Current proof-of-concept is under

References

[0] Vector tuple type · Issue #17 · riscv-non-isa/rvv-intrinsic-doc · GitHub
[1] RISC-V Vector Intrinsics types missing casts between same size vectors and groups of vectors · Issue #83 · riscv-non-isa/rvv-intrinsic-doc · GitHub
[2] Is it possible to construct "sizeless" structs with register types as members? · Issue #110 · riscv-non-isa/rvv-intrinsic-doc · GitHub
[3] Relax constaints on sizeless types · Issue #154 · riscv-non-isa/rvv-intrinsic-doc · GitHub
[4] Make the tuple type API for segment load store as compiler optional feature · Issue #139 · riscv-non-isa/rvv-intrinsic-doc · GitHub
[5] Richard Sandiford - [00/10][RFC] Splitting the C and C++ concept of "complete type"
[6] ⚙ D98169 [IR] Permit load/store/alloca for struct with the same scalable vectors.
[7] https://groups.google.com/g/llvm-dev/c/6ZK2eS4-8t0/m/PG6H1NNDBAAJ
[8] LLVM Language Reference Manual — LLVM 18.0.0git documentation

CC-ing: @topperc @kito-cheng @efriedma-quic @sdesmalen-arm @rofirrim @frasercrmck @LebedevRI @jdoerfert @preames @nikic

Hi @eopXD,

Thanks for putting this together.

Consider the tuple types, which will be aggregate types with homogenous scalable vector types, as a sized type. The description of alloca " The ‘alloca ’ instruction allocates sizeof(<type>)*NumElements bytes of memory on the runtime stack" would need to be adjusted.

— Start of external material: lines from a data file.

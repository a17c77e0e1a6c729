//! The keeper in memory.

use crate::keepers::{are_listed, get_fails, is_got, put_all, put_fails};
use ep_keep::MapKeeper;
use ep_outside::{KeepBad, Keeper};
use std::alloc::Global;
use std::test::Fail;

/// Whether a keeper that held nothing holds what was put.
fn is_held<K: Keeper>(alloc: Global, keeper: &mut K) -> Result<bool, KeepBad> {
    let puts = [
        ("b", Some("2")),
        ("a/2", Some("y")),
        ("a/1", Some("x")),
        ("b", None),
        ("a/1", Some("z")),
        ("c", None),
    ];
    put_all(alloc, keeper, &puts)?;
    let is_got = is_got(keeper, "b", None)? && is_got(keeper, "a/1", Some("z"))?;
    let are_listed = are_listed(keeper, "a/", &[("a/1", "z"), ("a/2", "y")])?;
    Ok(is_got && are_listed && keeper.faults() == 0)
}

#[test]
fn holds_what_was_put(rt: HostRuntime) -> Result<(), Fail> {
    let alloc = rt.alloc();
    let mut keeper = MapKeeper::new(alloc, Vec::new(alloc));
    assert!(rt; is_held(alloc, &mut keeper)?);
    Ok(())
}

/// Whether the second call and the third fail, and what was put before is still there.
fn fail_between<K: Keeper>(alloc: Global, keeper: &mut K) -> Result<bool, KeepBad> {
    put_all(alloc, keeper, &[("a", Some("1"))])?;
    let fail = get_fails(keeper, "a") && put_fails(alloc, keeper, &[("a", None)]);
    let is_counted = keeper.faults() == 2;
    Ok(fail && is_counted && are_listed(keeper, "", &[("a", "1")])?)
}

#[test]
fn fails_at_the_listed_calls(rt: HostRuntime) -> Result<(), Fail> {
    let alloc = rt.alloc();
    let mut keeper = MapKeeper::new(alloc, vec![in alloc; 2, 3]?);
    assert!(rt; fail_between(alloc, &mut keeper)?);
    Ok(())
}
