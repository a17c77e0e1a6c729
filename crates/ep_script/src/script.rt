//! A script, read line by line from a source.

ghost use Rattle.std.specs.Prelude.{◌≡◌, ◌<◌, ◌+◌, ◌++◌, ◌==◌, ◌^◌, ◌||◌, ◌⊎◌, [], List, ℕ, true, false, nat_lt, length, position, take, drop, None, IfOk, IsErrOf, OnOk};
ghost use Rattle.ep_outside.specs.Outside.{Gives, HasCause, IsAtEnd};
ghost use Rattle.ep_script.specs.Lines.{without_cr};
ghost use Rattle.ep_script.specs.Script.{IsNext, MayFollow, most_line, most_script};

use ep_outside::{Got, Source};
use std::alloc::{AllocError, Global};
use std::marker::Model;
use std::mem::replace;
use thiserror::Error;

/// The most bytes that a line may have, its line feed not counted.
pub const MOST_LINE: usize = 1_048_576;

/// The last byte of a script at which a line may end.
pub const MOST_SCRIPT: u64 = 1_073_741_824;

/// A script of which so many lines were read. No more of it is held than a line needs, and what came with that.
#[derive(Drop)]
pub struct Script {
    alloc: Global,
    held: Vec<u8>,
    place: u64,
    is_over: bool,
}

impl Model for Script {
    ghost use Rattle.ep_script.specs.Script.{Unread};

    ghost Value = { Unread };

    ghost view = { λ s. record { held = s.held.items; place = s.place; is_over = s.is_over } };
}

/// A line of a script.
#[derive(Drop)]
pub enum ScriptLine {
    /// Its bytes, without what ends it.
    Text(Vec<u8>),
    /// It is longer than a line may be, or ends behind the last byte at which one may.
    Long,
}

/// Why a script was not read on.
#[derive(Clone, Copy, Debug, Error, PartialEq, Eq)]
pub enum ScriptBad {
    #[error("the source failed")]
    Fault,
    #[error("out of memory")]
    NoMemory,
}

impl From<AllocError> for ScriptBad {
    ghost use Rattle.std.specs.Prelude.{◌≡◌};
    ghost use Rattle.ep_script.specs.declared.script.ScriptBad.TheVariants.{NoMemory};

    ghost from_gives = { λ _ e. e ≡ NoMemory };

    fn from(_error: AllocError) -> ScriptBad {
        ScriptBad::NoMemory
    }
}

fn line_end(bytes: &[u8]) -> Option<usize>
    ensures { result ≡ position (λ b. b == 10) bytes.now }
{
    bytes.iter().position(|b| *b == b'\n')
}

fn without_cr(line: &[u8]) -> &[u8]
    ensures { result.now ≡ without_cr line.now }
{
    match line.strip_suffix(b"\r") {
        Some(before) => before,
        None => line,
    }
}

impl Script {
    /// A script of which nothing is read.
    pub fn new(alloc: Global) -> Script
        ensures held { result.held ≡ [] }
        ensures place { result.place ≡ 0 }
        ensures over { result.is_over ≡ false }
    {
        Script {
            alloc,
            held: Vec::new(alloc),
            place: 0,
            is_over: false,
        }
    }

    /// The next line, if there is one. Behind a line that is too long nothing more is to be read.
    pub fn next_line<S: Source>(&mut self, source: &mut S) -> Result<Option<ScriptLine>, ScriptBad>
        ensures next { (piece : List ℕ) × Gives (S.left source.old) (S.left source.new) piece
            × ((more : List ℕ) → MayFollow self.new (S.left source.new) more
            → MayFollow self.old (S.left source.old) (piece ++ more) × IsNext self.old piece self.new more result) }
        ensures over { (self.old.is_over ≡ true → IsAtEnd (S.left source.old)) → self.new.is_over ≡ true → IsAtEnd (S.left source.new) }
        ensures cause { HasCause (S.failures source.old) (S.failures source.new) (S.is_steady source.old) (S.is_steady source.new) (IsErrOf result ScriptBad.Fault) }
    {
        match self.find(source)? {
            Some(at) => {
                if self.is_long(at) {
                    return Ok(Some(ScriptLine::Long));
                }
                Ok(Some(ScriptLine::Text(self.cut(at)?)))
            }
            None => {
                if self.held.is_empty() {
                    return Ok(None);
                }
                if self.is_long(self.held.len()) {
                    return Ok(Some(ScriptLine::Long));
                }
                Ok(Some(ScriptLine::Text(self.rest())))
            }
        }
    }

    /// Reads on until what is held tells where its first line ends, or that the line is too long, or the last.
    fn find<S: Source>(&mut self, source: &mut S) -> Result<Option<usize>, ScriptBad>
        ensures reads { (piece : List ℕ) × Gives (S.left source.old) (S.left source.new) piece × OnOk result (self.new.held ≡ self.old.held ++ piece)
            × (self.old.is_over ≡ true → (piece ≡ []) × (self.new.is_over ≡ true)) }
        ensures end { IfOk result (λ at. at ≡ position (λ b. b == 10) self.new.held) }
        ensures all { IfOk result (λ at. at ≡ None → (self.new.is_over ≡ true) ⊎ (most_line < length self.new.held)) }
        ensures over { (self.old.is_over ≡ true → IsAtEnd (S.left source.old)) → self.new.is_over ≡ true → IsAtEnd (S.left source.new) }
        ensures place { self.new.place ≡ self.old.place }
        ensures cause { HasCause (S.failures source.old) (S.failures source.new) (S.is_steady source.old) (S.is_steady source.new) (IsErrOf result ScriptBad.Fault) }
    {
        let mut end = line_end(&self.held);
        'pieces: while end.is_none() && !self.is_over && self.held.len() <= MOST_LINE {
            end = self.read_on(source)?;
        }
        Ok(end)
    }

    /// Reads a piece more, and answers where it has a line feed.
    fn read_on<S: Source>(&mut self, source: &mut S) -> Result<Option<usize>, ScriptBad>
        requires { self.old.is_over ≡ false }
        ensures reads { (piece : List ℕ) × Gives (S.left source.old) (S.left source.new) piece × OnOk result (self.new.held ≡ self.old.held ++ piece) }
        ensures end { position (λ b. b == 10) self.old.held ≡ None → IfOk result (λ at. at ≡ position (λ b. b == 10) self.new.held) }
        ensures more { OnOk result ((self.new.is_over ≡ true) ⊎ (length self.old.held < length self.new.held)) }
        ensures over { self.new.is_over ≡ true → IsAtEnd (S.left source.new) }
        ensures place { self.new.place ≡ self.old.place }
        ensures cause { HasCause (S.failures source.old) (S.failures source.new) (S.is_steady source.old) (S.is_steady source.new) (IsErrOf result ScriptBad.Fault) }
    {
        let mut room = [0u8; 4096];
        match source.read(&mut room) {
            Got::Bytes(n) => {
                let before = self.held.len();
                self.held.extend_from_slice(&room[..n])?;
                match line_end(&room[..n]) {
                    Some(at) => Ok(Some(before + at)),
                    None => Ok(None),
                }
            }
            Got::End => {
                self.is_over = true;
                Ok(None)
            }
            Got::Failed => Err(ScriptBad::Fault),
        }
    }

    /// Whether a line of so many bytes is too long, or ends too far.
    fn is_long(&self, n: usize) -> bool
        ensures { result ≡ (nat_lt most_line n || nat_lt most_script (self.now.place + n)) }
    {
        n > MOST_LINE || self.place.saturating_add(n as u64) > MOST_SCRIPT
    }

    /// Cuts off the line that a line feed ends at this place.
    fn cut(&mut self, at: usize) -> Result<Vec<u8>, AllocError>
        requires within { at < length self.old.held }
        requires short { self.old.place + at < 2 ^ 63 }
        ensures line { IfOk result (λ line. line.items ≡ without_cr (take at self.old.held)) }
        ensures rest { OnOk result (self.new.held ≡ drop (at + 1) self.old.held) }
        ensures place { OnOk result (self.new.place ≡ self.old.place + (at + 1)) }
        ensures over { self.new.is_over ≡ self.old.is_over }
    {
        let mut behind = Vec::new(self.alloc);
        behind.extend_from_slice(&self.held[at + 1..])?;
        let mut line = replace(&mut self.held, behind);
        line.truncate(at);
        let n = without_cr(&line).len();
        line.truncate(n);
        self.place += at as u64 + 1;
        Ok(line)
    }

    /// Cuts off what is left, a line that nothing ends.
    fn rest(&mut self) -> Vec<u8>
        requires short { self.old.place + length self.old.held < 2 ^ 63 }
        ensures line { result.items ≡ self.old.held }
        ensures rest { self.new.held ≡ [] }
        ensures place { self.new.place ≡ self.old.place + length self.old.held }
        ensures over { self.new.is_over ≡ self.old.is_over }
    {
        let line = replace(&mut self.held, Vec::new(self.alloc));
        self.place += line.len() as u64;
        line
    }
}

The sizeof notation need to be explained further that during compile time the minimum size of the memory is known and the actual size of the memory allocated will be known during runtime.

An additional clarification may be useful here but my understanding is that this is already happening with allocas of scalable vectors, right?

I would be in favour of only homogeneous structs of scalable vector be considered sized. I assume TypeSize can be used to represent the size by scaling the scalable vector type size to the number of elements of the tuple, so this should not be an obstacle. Maybe there is some other far-reaching consequence when making them sized?

I’m also OK with forbidding GEPs on those types. Not doing so would probably break the expectation held in many places that offsets are constant values.

Couple points I want to highlight.

We can’t use wide vectors like SVE does because we already use the KnownMinSize of the scalable type to pick different register sizes. RVV has the ability to join registers into pairs, quadruples, or octuples. There is some overlap between tuples and this pairing/quadrupling/octupling so at first it may seem like they can share the same types.

Unfortunately, we need to support tuples that contain halves, quarters, or eights of multiple registers. If we use a single vector type, it would become difficult to disambiguate these cases.
Using a struct allows us to nicely distinquish the cases.

We also hope that by using structs in a direct way like this, passes like SROA/mem2reg will be able break them down or remove the load/store/alloca all together.

I think this is a reasonable extension. As the struct size is still representable by TypeSize, this doesn’t change anything too fundamental. The primary change is that struct offsets are now no longer guaranteed to be fixed, so all users of relevant StructLayout users need to be reviewed to ensure they handle that correctly.

Omitting GEP support is fine by me, with the understanding that vscale support in GEPs should be removed in general, so there’s no need to add more special cases for it at this point.